Exercise prompt → Print every entry again, precisely as written.
○ ○ ○ ○ ○
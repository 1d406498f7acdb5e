//! The changes of all sources that are ready, for one commit.
ghost use Rattle.std.specs.Prelude.{◌≡◌, None, IfOk, OnOk, Some};
ghost use Rattle.board_model.specs.Boards.{first_ready};
ghost use Rattle.update_core.specs.BoardRefinement.{board_of};
ghost use Rattle.update_engine.specs.Session.{GathersChanges, GathersChangesOf, HasSettled, OnlySettles};

use crate::settling::{changes_from, is_new};
use acq_base::{NoMemory, Row};
use commit_journal::Change;
use std::alloc::Global;
use update_core::Board;

/// Settles all sources that are ready, in plan order: the changes of those that came to new sets.
#[tactic(auto, using(crate::proofs::OnBoards::only_none, crate::proofs::Gathered::gathers_none))]
pub fn gather(alloc: Global, board: &mut Board) -> Result<Row<Row<Change>>, NoMemory>
    ensures none { OnOk result (first_ready (board_of board.new).slots ≡ None) }
    ensures only { OnOk result (OnlySettles (board_of board.old) (board_of board.new)) }
    ensures goes { IfOk result (GathersChanges (board_of board.old) (board_of board.new)) }
{
    let mut groups = Row::new(alloc);
    'ready: while let Some(place) = board.ready() {
        gather_ready(alloc, board, place, &mut groups)?;
    }
    Ok(groups)
}

/// Settles the first source that is ready, and adds its changes where it came to a new set.
fn gather_ready(
    alloc: Global,
    board: &mut Board,
    place: u32,
    groups: &mut Row<Row<Change>>,
) -> Result<(), NoMemory>
    requires { first_ready (board_of board.old).slots ≡ Some place }
    ensures settled { OnOk result (HasSettled place (board_of board.old) (board_of board.new)) }
    ensures goes { OnOk result (GathersChangesOf place (board_of board.old) (board_of board.new) groups.old groups.new) }
{
    let settled = board.settle(alloc, place)?;
    if !is_new(&settled.verdict) {
        drop(settled);
        return Ok(());
    }
    let changes = changes_from(alloc, board, place, settled)?;
    groups.push(changes)?;
    Ok(())
}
○ ○ ○ ○ ○
Solution to this exercise →
repository 1d406498f7acdb5e
//! The changes of all sources that are ready, for one commit.
ghost use Rattle.std.specs.Prelude.{◌≡◌, None, IfOk, OnOk, Some};
ghost use Rattle.board_model.specs.Boards.{first_ready};
ghost use Rattle.update_core.specs.BoardRefinement.{board_of};
ghost use Rattle.update_engine.specs.Session.{GathersChanges, GathersChangesOf, HasSettled, OnlySettles};

use crate::settling::{changes_from, is_new};
use acq_base::{NoMemory, Row};
use commit_journal::Change;
use std::alloc::Global;
use update_core::Board;

/// Settles all sources that are ready, in plan order: the changes of those that came to new sets.
#[tactic(auto, using(crate::proofs::OnBoards::only_none, crate::proofs::Gathered::gathers_none))]
pub fn gather(alloc: Global, board: &mut Board) -> Result<Row<Row<Change>>, NoMemory>
    ensures none { OnOk result (first_ready (board_of board.new).slots ≡ None) }
    ensures only { OnOk result (OnlySettles (board_of board.old) (board_of board.new)) }
    ensures goes { IfOk result (GathersChanges (board_of board.old) (board_of board.new)) }
{
    let mut groups = Row::new(alloc);
    'ready: while let Some(place) = board.ready() {
        gather_ready(alloc, board, place, &mut groups)?;
    }
    Ok(groups)
}

/// Settles the first source that is ready, and adds its changes where it came to a new set.
fn gather_ready(
    alloc: Global,
    board: &mut Board,
    place: u32,
    groups: &mut Row<Row<Change>>,
) -> Result<(), NoMemory>
    requires { first_ready (board_of board.old).slots ≡ Some place }
    ensures settled { OnOk result (HasSettled place (board_of board.old) (board_of board.new)) }
    ensures goes { OnOk result (GathersChangesOf place (board_of board.old) (board_of board.new) groups.old groups.new) }
{
    let settled = board.settle(alloc, place)?;
    if !is_new(&settled.verdict) {
        drop(settled);
        return Ok(());
    }
    let changes = changes_from(alloc, board, place, settled)?;
    groups.push(changes)?;
    Ok(())
}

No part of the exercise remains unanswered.